= Try it =
Return the lines below in which the string "IsSplittable" occurs.

= Materials provided =
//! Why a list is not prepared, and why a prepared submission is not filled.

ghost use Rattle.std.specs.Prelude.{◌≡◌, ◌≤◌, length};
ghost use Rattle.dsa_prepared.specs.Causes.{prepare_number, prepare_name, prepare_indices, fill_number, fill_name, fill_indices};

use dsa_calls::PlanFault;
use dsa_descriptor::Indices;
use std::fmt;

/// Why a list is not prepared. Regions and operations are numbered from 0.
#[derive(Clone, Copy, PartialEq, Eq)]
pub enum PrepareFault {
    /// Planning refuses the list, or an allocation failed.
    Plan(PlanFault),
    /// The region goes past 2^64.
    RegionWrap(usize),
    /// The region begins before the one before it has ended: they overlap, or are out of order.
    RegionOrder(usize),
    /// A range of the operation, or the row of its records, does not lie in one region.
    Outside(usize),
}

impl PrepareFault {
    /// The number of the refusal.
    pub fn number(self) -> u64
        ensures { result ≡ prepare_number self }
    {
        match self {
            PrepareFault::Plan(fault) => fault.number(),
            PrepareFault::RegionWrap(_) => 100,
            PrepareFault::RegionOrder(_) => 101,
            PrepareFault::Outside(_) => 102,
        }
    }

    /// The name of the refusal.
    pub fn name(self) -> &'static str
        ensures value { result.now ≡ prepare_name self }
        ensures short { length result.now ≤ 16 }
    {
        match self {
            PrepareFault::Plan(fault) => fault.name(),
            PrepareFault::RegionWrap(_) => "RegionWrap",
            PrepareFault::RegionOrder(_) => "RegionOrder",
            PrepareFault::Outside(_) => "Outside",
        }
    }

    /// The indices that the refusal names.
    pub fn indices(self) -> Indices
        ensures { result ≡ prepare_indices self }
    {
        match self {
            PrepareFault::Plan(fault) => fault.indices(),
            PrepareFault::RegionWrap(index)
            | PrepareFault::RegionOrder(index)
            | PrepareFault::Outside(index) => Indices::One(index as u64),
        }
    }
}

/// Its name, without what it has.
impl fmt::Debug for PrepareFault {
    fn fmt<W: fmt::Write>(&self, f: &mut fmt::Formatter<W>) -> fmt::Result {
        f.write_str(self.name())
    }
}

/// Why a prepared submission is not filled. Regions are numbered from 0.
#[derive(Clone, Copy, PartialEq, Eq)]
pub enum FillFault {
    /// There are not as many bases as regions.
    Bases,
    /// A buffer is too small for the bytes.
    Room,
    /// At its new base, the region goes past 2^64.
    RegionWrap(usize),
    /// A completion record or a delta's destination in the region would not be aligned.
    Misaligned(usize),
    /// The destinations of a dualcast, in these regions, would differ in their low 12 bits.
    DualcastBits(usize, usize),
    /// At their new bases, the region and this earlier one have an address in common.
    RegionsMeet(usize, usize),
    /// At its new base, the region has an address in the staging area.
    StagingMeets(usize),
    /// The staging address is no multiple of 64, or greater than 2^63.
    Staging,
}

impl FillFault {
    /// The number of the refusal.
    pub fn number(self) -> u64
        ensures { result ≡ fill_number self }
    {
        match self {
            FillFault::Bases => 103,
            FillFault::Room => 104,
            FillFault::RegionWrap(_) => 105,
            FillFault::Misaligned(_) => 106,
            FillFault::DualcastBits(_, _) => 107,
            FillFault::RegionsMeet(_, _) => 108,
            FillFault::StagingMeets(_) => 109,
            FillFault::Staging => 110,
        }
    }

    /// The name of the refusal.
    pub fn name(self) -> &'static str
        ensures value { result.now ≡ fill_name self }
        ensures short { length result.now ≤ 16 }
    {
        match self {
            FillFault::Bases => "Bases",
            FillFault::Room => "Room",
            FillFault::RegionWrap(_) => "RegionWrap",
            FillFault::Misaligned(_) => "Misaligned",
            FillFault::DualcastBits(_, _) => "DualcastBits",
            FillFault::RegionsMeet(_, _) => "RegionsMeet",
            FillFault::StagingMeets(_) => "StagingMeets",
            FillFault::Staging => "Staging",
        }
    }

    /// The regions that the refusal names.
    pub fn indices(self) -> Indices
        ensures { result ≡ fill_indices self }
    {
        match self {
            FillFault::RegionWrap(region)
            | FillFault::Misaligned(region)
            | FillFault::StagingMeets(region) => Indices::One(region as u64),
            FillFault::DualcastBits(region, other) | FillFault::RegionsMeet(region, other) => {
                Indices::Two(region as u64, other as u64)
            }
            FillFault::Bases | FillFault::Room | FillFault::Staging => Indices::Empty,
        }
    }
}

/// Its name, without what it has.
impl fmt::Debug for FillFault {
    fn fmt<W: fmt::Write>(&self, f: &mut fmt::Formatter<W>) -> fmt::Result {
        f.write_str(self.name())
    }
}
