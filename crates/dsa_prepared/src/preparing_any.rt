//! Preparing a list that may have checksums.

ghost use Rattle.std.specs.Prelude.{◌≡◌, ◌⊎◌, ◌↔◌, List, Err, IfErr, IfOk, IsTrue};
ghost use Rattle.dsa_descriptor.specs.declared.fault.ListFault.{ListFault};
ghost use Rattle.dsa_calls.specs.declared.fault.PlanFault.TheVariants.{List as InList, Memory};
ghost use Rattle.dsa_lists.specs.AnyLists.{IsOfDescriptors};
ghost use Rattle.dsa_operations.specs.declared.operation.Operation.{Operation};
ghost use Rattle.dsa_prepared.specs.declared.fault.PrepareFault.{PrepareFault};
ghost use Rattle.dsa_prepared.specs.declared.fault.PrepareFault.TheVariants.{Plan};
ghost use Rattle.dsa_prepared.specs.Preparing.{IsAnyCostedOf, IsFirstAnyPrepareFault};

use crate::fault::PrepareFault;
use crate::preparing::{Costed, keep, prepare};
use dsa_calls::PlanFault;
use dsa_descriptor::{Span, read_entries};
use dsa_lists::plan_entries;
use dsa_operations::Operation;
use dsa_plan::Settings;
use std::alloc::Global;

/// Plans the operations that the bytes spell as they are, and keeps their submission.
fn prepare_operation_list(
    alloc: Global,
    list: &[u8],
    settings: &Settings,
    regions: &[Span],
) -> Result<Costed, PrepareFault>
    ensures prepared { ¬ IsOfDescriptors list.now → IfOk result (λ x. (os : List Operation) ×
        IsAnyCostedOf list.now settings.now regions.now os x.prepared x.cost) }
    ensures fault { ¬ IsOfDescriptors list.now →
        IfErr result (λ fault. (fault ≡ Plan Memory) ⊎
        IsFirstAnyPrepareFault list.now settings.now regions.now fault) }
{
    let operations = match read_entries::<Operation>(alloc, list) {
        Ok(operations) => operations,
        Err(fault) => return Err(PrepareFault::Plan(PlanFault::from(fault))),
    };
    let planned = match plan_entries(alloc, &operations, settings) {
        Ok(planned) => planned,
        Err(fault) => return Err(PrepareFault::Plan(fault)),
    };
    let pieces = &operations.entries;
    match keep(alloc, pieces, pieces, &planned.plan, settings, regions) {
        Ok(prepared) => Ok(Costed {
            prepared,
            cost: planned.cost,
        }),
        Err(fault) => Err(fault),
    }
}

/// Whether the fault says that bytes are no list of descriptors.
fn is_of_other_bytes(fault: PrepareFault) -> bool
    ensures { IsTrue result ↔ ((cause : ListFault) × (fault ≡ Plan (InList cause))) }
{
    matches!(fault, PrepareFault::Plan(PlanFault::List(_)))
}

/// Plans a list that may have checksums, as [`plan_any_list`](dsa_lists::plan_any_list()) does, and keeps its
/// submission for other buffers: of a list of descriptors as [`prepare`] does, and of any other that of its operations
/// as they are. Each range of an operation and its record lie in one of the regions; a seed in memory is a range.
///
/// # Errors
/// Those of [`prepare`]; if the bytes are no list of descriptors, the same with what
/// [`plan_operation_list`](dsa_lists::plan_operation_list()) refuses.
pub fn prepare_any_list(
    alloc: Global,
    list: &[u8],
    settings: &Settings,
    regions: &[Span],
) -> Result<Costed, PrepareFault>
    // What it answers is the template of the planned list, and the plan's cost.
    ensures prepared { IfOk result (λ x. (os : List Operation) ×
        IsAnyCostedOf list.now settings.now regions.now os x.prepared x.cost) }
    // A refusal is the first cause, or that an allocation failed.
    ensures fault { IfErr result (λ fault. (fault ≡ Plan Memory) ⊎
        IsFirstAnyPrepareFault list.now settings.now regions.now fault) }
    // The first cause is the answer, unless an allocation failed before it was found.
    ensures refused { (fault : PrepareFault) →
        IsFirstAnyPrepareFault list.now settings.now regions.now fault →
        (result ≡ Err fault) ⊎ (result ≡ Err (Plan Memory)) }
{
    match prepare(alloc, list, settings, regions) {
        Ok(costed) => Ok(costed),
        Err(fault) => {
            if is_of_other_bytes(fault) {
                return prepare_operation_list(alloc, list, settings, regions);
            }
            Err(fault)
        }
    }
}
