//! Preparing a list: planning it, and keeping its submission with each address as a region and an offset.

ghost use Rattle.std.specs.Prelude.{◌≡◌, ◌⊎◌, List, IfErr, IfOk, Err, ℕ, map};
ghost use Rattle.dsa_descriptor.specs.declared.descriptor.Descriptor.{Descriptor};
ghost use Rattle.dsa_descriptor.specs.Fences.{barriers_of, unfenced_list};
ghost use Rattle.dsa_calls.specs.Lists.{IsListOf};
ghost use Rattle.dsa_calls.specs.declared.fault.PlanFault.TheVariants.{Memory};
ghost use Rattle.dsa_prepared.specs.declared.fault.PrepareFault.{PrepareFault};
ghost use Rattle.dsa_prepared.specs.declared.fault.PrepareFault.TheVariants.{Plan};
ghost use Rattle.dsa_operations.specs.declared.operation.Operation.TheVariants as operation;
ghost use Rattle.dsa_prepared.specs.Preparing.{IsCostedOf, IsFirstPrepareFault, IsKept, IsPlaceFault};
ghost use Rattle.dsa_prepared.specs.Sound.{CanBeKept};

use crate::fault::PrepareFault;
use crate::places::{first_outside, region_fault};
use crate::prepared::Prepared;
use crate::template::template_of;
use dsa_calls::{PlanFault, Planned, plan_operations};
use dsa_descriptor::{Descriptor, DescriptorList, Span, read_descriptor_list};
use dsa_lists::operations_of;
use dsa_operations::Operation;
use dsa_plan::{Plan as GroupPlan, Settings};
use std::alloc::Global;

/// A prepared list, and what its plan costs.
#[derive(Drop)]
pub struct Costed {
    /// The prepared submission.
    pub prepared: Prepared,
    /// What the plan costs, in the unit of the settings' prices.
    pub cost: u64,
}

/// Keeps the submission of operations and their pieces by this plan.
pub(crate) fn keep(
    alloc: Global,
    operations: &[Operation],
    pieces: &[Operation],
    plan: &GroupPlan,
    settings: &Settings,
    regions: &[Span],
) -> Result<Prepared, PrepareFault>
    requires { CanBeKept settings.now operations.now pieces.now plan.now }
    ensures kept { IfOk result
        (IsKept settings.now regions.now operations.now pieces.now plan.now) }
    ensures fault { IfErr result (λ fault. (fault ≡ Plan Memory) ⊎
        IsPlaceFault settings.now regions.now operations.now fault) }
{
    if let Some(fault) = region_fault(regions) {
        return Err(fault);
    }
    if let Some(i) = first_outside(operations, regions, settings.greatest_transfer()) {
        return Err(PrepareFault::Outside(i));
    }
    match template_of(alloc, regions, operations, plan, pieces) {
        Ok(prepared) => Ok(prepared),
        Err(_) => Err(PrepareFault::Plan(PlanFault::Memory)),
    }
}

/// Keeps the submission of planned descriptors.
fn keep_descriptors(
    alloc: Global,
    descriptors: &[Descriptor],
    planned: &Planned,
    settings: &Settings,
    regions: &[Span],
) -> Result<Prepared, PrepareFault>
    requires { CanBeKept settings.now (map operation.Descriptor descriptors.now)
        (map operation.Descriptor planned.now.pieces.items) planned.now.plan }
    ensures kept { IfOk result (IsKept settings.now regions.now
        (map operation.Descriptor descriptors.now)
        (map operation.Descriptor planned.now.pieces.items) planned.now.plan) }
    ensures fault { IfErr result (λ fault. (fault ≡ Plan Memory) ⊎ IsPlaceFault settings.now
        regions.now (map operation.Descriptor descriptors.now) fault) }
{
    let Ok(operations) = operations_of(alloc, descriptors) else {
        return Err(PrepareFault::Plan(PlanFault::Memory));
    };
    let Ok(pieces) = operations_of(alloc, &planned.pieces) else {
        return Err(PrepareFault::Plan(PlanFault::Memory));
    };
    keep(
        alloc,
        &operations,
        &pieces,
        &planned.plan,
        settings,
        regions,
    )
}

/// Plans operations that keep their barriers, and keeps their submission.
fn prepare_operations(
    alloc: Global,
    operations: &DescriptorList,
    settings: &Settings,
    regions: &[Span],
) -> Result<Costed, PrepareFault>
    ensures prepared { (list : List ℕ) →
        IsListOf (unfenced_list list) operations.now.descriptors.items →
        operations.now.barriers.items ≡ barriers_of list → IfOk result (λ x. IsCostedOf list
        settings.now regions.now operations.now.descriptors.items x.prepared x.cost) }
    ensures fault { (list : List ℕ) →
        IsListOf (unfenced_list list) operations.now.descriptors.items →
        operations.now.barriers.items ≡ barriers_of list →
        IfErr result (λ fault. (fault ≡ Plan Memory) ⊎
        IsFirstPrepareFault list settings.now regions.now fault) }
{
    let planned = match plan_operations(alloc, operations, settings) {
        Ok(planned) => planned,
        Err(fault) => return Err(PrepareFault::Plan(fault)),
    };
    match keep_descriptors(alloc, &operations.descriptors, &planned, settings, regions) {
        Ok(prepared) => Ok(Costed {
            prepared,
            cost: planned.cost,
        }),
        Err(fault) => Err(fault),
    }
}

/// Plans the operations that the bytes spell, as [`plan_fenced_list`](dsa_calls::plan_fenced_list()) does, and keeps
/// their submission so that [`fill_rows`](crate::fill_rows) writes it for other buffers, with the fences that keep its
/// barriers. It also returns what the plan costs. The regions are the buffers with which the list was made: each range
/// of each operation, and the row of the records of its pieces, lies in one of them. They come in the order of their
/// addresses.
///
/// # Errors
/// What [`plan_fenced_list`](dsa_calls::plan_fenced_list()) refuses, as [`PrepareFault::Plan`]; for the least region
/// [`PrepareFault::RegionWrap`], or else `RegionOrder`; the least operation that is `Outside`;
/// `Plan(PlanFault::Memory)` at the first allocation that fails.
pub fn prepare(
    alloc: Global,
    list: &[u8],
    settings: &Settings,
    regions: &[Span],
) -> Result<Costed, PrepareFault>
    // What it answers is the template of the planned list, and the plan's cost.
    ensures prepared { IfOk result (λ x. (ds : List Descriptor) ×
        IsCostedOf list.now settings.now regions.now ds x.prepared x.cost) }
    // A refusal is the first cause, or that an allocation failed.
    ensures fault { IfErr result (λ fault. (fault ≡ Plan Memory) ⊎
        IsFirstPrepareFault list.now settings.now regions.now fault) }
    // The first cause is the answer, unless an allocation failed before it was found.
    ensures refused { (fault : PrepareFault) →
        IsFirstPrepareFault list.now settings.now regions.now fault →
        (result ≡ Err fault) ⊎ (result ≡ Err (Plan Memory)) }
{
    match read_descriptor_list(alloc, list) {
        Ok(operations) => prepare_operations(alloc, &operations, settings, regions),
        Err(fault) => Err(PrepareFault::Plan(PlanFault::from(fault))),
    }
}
* * *
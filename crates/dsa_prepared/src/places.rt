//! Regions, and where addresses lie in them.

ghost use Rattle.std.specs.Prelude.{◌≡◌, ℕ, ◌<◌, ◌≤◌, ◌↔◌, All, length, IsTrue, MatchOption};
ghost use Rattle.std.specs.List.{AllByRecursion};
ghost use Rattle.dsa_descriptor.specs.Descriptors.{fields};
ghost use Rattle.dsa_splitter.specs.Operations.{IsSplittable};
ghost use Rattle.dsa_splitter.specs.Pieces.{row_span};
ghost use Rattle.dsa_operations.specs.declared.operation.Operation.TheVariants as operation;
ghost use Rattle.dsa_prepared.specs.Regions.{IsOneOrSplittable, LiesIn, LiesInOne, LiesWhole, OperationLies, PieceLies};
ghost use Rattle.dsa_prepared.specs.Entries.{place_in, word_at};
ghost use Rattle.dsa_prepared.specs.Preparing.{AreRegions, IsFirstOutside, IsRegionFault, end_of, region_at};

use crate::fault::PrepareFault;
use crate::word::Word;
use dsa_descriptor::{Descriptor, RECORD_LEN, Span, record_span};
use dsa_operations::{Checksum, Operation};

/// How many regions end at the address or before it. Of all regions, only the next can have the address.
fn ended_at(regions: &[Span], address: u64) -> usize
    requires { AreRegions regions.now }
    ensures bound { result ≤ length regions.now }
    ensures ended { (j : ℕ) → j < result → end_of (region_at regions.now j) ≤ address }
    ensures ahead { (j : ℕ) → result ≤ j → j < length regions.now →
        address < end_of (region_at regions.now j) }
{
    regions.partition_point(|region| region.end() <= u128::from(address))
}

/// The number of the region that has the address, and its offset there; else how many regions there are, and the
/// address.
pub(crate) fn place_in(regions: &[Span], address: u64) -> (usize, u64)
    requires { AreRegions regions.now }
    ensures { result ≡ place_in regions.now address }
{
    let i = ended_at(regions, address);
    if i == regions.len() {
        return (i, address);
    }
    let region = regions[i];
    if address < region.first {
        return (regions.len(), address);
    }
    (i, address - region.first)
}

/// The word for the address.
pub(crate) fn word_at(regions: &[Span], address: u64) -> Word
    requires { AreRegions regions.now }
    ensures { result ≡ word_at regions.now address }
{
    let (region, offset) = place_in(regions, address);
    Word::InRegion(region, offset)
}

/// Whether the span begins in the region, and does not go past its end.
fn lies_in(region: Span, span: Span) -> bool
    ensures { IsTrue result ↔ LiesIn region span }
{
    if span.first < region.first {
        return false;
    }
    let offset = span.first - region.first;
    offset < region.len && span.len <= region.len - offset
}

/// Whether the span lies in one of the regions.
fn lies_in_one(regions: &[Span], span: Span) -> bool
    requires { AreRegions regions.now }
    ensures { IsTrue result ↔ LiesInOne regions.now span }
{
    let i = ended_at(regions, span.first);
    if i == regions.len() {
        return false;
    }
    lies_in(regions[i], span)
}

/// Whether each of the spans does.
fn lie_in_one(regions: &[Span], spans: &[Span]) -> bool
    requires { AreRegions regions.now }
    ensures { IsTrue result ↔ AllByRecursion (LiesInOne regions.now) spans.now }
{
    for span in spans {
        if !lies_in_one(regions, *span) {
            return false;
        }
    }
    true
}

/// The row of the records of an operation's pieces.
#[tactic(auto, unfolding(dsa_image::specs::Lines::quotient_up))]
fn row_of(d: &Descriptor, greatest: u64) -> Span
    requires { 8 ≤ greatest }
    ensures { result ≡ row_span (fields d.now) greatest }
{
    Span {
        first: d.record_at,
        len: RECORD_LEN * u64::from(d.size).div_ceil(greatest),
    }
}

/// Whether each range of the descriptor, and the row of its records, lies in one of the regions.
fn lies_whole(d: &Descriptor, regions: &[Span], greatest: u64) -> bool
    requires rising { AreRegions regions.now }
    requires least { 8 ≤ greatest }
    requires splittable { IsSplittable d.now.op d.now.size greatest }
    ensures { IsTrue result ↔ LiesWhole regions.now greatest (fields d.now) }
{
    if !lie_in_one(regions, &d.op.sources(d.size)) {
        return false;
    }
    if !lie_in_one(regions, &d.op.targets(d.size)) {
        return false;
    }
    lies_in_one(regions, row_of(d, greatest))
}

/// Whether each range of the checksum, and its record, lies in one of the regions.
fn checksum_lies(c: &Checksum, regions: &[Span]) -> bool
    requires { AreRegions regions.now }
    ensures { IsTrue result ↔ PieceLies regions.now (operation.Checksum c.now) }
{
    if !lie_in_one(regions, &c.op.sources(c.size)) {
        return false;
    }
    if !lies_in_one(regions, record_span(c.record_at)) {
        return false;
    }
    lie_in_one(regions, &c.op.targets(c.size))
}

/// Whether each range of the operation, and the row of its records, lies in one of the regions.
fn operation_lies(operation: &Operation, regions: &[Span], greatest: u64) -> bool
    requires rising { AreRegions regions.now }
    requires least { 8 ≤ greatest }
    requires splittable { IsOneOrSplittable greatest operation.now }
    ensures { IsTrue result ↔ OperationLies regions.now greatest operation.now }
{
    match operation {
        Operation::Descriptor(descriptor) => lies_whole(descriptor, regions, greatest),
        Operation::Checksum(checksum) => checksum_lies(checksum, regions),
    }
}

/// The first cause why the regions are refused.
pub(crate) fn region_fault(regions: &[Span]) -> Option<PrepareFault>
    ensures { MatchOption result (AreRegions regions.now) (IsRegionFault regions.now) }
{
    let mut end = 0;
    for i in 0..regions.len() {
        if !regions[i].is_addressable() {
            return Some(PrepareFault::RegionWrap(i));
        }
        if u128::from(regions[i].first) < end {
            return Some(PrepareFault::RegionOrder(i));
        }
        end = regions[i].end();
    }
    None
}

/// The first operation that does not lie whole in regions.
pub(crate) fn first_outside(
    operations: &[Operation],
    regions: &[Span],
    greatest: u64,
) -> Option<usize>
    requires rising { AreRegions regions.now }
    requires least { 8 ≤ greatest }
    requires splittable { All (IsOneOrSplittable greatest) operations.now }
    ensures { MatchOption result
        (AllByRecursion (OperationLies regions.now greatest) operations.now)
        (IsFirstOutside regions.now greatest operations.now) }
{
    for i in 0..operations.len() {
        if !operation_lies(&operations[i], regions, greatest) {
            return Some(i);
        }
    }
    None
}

= Worked solution =
ghost use Rattle.dsa_splitter.specs.Operations.{IsSplittable};
    requires splittable { IsSplittable d.now.op d.now.size greatest }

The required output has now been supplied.